**RECORDS FOR THE TASK**
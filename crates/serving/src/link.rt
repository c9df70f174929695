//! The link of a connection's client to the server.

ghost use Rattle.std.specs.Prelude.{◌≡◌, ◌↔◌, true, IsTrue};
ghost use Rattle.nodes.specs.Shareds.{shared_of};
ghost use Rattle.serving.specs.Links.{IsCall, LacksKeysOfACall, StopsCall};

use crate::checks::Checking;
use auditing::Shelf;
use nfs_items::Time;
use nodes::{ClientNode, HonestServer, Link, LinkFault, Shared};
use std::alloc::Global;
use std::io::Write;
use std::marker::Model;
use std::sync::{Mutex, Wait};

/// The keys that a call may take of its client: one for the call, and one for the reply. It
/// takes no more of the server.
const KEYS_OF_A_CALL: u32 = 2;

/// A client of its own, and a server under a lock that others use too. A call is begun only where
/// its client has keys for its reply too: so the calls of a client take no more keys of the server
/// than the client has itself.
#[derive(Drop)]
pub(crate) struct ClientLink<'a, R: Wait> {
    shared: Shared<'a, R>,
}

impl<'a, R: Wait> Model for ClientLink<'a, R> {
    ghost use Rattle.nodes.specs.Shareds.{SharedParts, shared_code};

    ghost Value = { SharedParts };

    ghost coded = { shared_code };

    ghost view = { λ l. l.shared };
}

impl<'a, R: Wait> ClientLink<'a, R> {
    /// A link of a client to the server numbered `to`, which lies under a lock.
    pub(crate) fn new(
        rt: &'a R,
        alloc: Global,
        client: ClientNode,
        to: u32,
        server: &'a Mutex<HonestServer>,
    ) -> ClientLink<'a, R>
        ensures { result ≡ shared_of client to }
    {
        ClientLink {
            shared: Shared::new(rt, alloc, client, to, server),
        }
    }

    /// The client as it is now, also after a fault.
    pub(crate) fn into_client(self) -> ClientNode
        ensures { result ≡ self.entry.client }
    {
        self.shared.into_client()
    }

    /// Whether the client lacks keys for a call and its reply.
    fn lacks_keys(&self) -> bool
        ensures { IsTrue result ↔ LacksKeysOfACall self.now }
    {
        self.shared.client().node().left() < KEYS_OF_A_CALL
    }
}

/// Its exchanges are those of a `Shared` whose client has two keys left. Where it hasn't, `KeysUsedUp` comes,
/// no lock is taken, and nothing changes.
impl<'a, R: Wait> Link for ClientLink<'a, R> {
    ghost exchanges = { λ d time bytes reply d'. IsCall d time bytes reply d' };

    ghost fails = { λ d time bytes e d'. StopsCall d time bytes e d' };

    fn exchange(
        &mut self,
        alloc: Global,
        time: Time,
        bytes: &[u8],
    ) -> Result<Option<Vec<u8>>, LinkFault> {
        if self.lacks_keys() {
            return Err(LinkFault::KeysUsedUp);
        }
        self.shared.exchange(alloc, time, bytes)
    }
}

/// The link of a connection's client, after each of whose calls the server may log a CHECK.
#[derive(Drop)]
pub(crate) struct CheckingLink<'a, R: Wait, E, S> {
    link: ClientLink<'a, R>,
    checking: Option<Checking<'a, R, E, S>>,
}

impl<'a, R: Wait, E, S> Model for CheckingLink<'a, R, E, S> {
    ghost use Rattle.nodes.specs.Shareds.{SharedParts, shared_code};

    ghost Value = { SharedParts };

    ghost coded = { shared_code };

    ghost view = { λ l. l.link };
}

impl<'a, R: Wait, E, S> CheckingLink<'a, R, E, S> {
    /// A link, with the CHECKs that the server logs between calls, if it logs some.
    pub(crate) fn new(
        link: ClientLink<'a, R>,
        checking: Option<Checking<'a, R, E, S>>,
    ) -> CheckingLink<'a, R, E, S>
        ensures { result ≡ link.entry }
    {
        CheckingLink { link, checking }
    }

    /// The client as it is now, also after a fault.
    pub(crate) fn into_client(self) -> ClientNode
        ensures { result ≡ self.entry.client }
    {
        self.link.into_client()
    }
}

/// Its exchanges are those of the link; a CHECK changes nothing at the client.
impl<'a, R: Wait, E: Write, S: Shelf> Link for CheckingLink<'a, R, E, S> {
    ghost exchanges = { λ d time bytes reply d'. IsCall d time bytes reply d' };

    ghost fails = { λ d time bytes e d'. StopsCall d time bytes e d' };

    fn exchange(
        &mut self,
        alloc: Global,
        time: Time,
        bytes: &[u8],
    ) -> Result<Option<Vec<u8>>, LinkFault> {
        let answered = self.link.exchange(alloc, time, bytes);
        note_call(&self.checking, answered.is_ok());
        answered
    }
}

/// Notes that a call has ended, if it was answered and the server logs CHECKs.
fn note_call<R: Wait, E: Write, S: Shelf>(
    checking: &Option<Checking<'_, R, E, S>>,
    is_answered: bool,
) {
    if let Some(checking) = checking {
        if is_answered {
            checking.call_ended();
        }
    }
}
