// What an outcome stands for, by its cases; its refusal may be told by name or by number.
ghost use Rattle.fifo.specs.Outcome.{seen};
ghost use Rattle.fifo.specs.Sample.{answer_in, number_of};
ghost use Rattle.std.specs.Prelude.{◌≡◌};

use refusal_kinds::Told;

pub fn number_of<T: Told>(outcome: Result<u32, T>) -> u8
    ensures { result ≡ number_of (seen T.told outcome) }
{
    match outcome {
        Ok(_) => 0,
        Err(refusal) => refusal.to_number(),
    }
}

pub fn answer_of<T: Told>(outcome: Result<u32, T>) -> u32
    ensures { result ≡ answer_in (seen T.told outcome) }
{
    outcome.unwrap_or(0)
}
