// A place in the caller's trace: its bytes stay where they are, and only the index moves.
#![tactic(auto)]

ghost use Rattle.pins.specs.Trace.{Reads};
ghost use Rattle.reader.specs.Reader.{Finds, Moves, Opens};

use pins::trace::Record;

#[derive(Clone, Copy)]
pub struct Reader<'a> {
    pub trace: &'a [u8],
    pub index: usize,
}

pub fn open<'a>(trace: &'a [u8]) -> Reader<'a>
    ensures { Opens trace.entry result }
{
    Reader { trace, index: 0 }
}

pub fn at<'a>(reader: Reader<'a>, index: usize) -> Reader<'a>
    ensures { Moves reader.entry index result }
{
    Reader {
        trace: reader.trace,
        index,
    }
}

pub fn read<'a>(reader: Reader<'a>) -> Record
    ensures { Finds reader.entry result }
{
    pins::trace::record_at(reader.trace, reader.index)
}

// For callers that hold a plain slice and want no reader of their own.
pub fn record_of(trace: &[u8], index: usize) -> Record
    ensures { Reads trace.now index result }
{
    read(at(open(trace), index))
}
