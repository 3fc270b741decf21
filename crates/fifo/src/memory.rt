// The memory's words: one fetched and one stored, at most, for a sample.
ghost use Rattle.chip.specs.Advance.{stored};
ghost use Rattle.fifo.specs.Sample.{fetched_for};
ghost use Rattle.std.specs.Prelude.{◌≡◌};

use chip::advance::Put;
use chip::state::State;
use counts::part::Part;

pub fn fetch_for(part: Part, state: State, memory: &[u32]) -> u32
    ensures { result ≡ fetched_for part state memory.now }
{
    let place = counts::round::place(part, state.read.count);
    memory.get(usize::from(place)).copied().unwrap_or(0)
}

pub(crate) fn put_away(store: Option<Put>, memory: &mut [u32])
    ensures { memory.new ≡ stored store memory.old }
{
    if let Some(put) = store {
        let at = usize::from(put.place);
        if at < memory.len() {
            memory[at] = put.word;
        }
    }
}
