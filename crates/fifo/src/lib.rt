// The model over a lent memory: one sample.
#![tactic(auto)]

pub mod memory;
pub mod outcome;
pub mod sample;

**WHAT IS NEEDED**
Which of the lines above mention the word "logs"? Pull those lines out.

**OUTPUT OF THE EXERCISE**
    /// A link, with the CHECKs that the server logs between calls, if it logs some.
/// Notes that a call has ended, if it was answered and the server logs CHECKs.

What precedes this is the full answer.